Era uma vez, então, o Gojoba, o pedreiro da área, do bairro, ou melhor, do conjunto. Gojoba morava lá embaixo; é fácil chamá-lo. “Às vezes, até no domingo dá, se eu não tiver bebendo”. Gojoba era querido de todos, principalmente, dos filhos do seo Domingo, o alfaiate. Netão, Pedro Cão, Zé “Orea” e Paulo Cenoura, se tiverem bebendo, o Gojoba tava lá. E foi desse jeito que aconteceu uma anedota conhecidíssima no Primavera, entre os  moradores das décadas de 70 e 80, claro. Ela virou até piada na boca do Dirceu Andrade; alguém muito próximo (mais de mim do que dele) é que me-disse. É, foi hilário. Caso de anedota mesmo. História pra boi sorrir!

Mas não vou contá-la literalmente; tentarei somente escrever o que possivelmente tenha havido. Não sei se o Pedro Cão já havia-se-formado ou se ainda estava cursando Medicina na UFPI. O certo é que haveria uma festa, parece-me que ligada aos acadêmicos desse curso. Pedro Cão, claro, deveria ir. Aliás, sempre ia a esse tipo de comemoração. Só que a decisão foi tomada numa bebedeira da turma, talvez na quitanda do seo Juarez. Pois não é que o Gojoba também estava lá. Pois é, o pessoal decidiu que levaria Gojoba para a festa. Aliás, Doutor Gojoba; era assim que eles iriam apresentá-lo a todos. Nisso, certo, havia uma boa dose (dá-lhe, cana!) de preconceito ou de previdência quanto a possíveis preconceitos de outras pessoas. Afinal, Gojoba era um simples pedreiro. É, Gojoba ia ser o Doutor Gojoba, o que é que tem?

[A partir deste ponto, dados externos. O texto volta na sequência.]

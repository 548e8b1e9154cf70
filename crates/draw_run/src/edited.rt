//! `preview draw --edits`: a stream drawn after the edits of a script.

ghost use Rattle.std.specs.Prelude.{◌≡◌, ◌≢◌, ℕ, List, Option, IfErr, IfOk, string_bytes};
ghost use Rattle.console_io.specs.Messages.{Tells};
ghost use Rattle.edit_script.specs.EditScripts.{IsEditScript};
ghost use Rattle.draw_run.specs.EditedDrawings.{EndsBy, WritesEdited, edits_fault_text};
ghost use Rattle.draw_run.specs.Loading.{IsHeld, IsLoadFault};
ghost use Rattle.draw_run.specs.declared.fault.EditsFault.{EditsFault as Fault};

use crate::choice::EditedChoice;
use crate::document::edited_drawing;
use crate::fault::{EditsFault, say_edits_fault};
use crate::loading::loaded;
use crate::settling::settle;
use access_unit::Refusal;
use bytes::Bytes;
use console_io::{Console, Ended, PrintFault, Sink, Status, write_bytes};
use edit_script::{EditCommand, read_edit_script};
use plan_stream::print_refusal;
use stand_in_session::Session;
use std::alloc::Global;
use std::thread::Threads;

/// Draws the chosen units of the stream of a text after the edits of a script, which are made when
/// all pictures of the stream are held; or prints the stream's refusal. What is refused of the
/// edits is told to `console.errors`, as is a line of the script that is no edit, and that memory
/// runs out.
pub fn draw_edited<W: Sink, E: Sink>(
    threads: &(impl Threads + Sync),
    alloc: Global,
    choice: EditedChoice,
    text: &Bytes,
    script: &[u8],
    console: &mut Console<W, E>,
) -> Ended
    // At success one document is written, and what is told is what was refused of the edits.
    ensures done { result.status ≡ Status.Success → (told : List ℕ)
        × WritesEdited choice.from choice.units text.now script.now told
        (W.contents console.old.output) (W.contents console.new.output)
        × Tells result.told (E.refuses console.new.errors) (E.contents console.old.errors)
        (E.contents console.new.errors) told }
    // At a failure it is what the fault that is told leaves of it.
    ensures ends { result.status ≡ Status.Failure → (fault : Fault)
        × EndsBy choice.from choice.units text.now script.now fault (W.refuses console.new.output)
        (W.contents console.old.output) (W.contents console.new.output)
        × Tells result.told (E.refuses console.new.errors) (E.contents console.old.errors)
        (E.contents console.new.errors) (edits_fault_text fault) }
    ensures usage { result.status ≢ Status.Usage }
{
    match draw(threads, alloc, choice, text, script, &mut console.output) {
        Ok(told) => Ended {
            status: Status::Success,
            told: write_bytes(&mut console.errors, told.as_bytes()),
        },
        Err(fault) => Ended::failed(say_edits_fault(fault, &mut console.errors)),
    }
}

/// Draws the chosen units, or prints the stream's refusal, and gives what is told of edits that are
/// refused.
fn draw<W: Sink>(
    threads: &(impl Threads + Sync),
    alloc: Global,
    choice: EditedChoice,
    text: &Bytes,
    script: &[u8],
    writer: &mut W,
) -> Result<String, EditsFault>
    ensures done { IfOk result (λ told.
        WritesEdited choice.from choice.units text.now script.now (string_bytes told)
        (W.contents writer.old) (W.contents writer.new)) }
    ensures ends { IfErr result (λ fault.
        EndsBy choice.from choice.units text.now script.now fault (W.refuses writer.new)
        (W.contents writer.old) (W.contents writer.new)) }
{
    let commands = read_edit_script(alloc, script)?;
    match held(threads, alloc, text) {
        Ok(session) => write_edited(alloc, choice, session, commands, writer),
        Err(EditsFault::Refused(refusal)) => Err(print_refused(alloc, refusal, writer)),
        Err(fault) => Err(fault),
    }
}

/// A session with the stream of this text, all of whose pictures are held.
fn held(threads: &(impl Threads + Sync), alloc: Global, text: &Bytes) -> Result<Session, EditsFault>
    ensures ok { IfOk result (IsHeld text.now) }
    ensures fault { IfErr result (IsLoadFault text.now) }
{
    let mut session = loaded(threads, alloc, text)?;
    settle(alloc, &mut session)?;
    Ok(session)
}

/// Writes the document of the session's stream after the edits, and gives what is told of those
/// that are refused.
fn write_edited<W: Sink>(
    alloc: Global,
    choice: EditedChoice,
    session: Session,
    commands: Vec<(usize, EditCommand)>,
    writer: &mut W,
) -> Result<String, EditsFault>
    ensures done { (text script : List ℕ) → IsHeld text session → IsEditScript script commands.items
        → IfOk result (λ told. WritesEdited choice.from choice.units text script (string_bytes told)
        (W.contents writer.old) (W.contents writer.new)) }
    ensures ends { (text script : List ℕ) → IsHeld text session → IsEditScript script commands.items
        → IfErr result (λ fault. EndsBy choice.from choice.units text script fault
        (W.refuses writer.new)
        (W.contents writer.old) (W.contents writer.new)) }
{
    let drawing = edited_drawing(alloc, choice, session, commands)?;
    match write_bytes(writer, drawing.document.as_slice()) {
        Ok(()) => Ok(drawing.told),
        Err(_) => Err(EditsFault::Unwritten),
    }
}

/// Prints why the stream is refused.
fn print_refused<W: Sink>(alloc: Global, refusal: Refusal, writer: &mut W) -> EditsFault
    ensures { (from : Option ℕ) (units : ℕ) (text script : List ℕ)
        → IsLoadFault text (Fault.Refused refusal)
        → EndsBy from units text script result (W.refuses writer.new)
        (W.contents writer.old) (W.contents writer.new) }
{
    match print_refusal(alloc, refusal, writer) {
        Ok(()) => EditsFault::Refused(refusal),
        Err(PrintFault::Memory) => EditsFault::Memory,
        Err(PrintFault::Unwritten) => EditsFault::Unwritten,
    }
}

Botaram uma beca no Gojoba, e vamos lá. Festa vai, bebidas vêm; Gojoba já estava entrosado com todos, inclusive, com as colegas de curso de Pedro Cão. Era Doutor Gojoba pra cá; Doutor Gojoba pra lá. “Doutor Gojoba, o senhor acredita que...”. “Doutor Gojoba, o senhor já estudou aquele caso...”. “Doutor Gojoba...”. Gojoba, a princípio, achou graça dessa parada de “Doutor”. “Porra, aqui tá chei de coroa!”. Curtiu à vontade, principalmente, porque as acadêmicas o acharam muito engraçado. E a bebida descendo a goela, gelada ou quentíssima. E a cabeça foi enchendo. “Doutor Gojoba, cadê seu copo?”. “Doutor Gojoba, espere mais um pouco”. “Doutor Gojoba, isso; Douto Gojoba, aquilo”. Gojoba ficou cheio disso e se-levantou com a fala-desfecho da anedota:

– Que porra de Doutor Gojoba! Que nada! Eu sou é pedreiro e vou é embora; amanhã eu tenho que acordar cedo, pois eu tenho é três metros de muro pra levantar!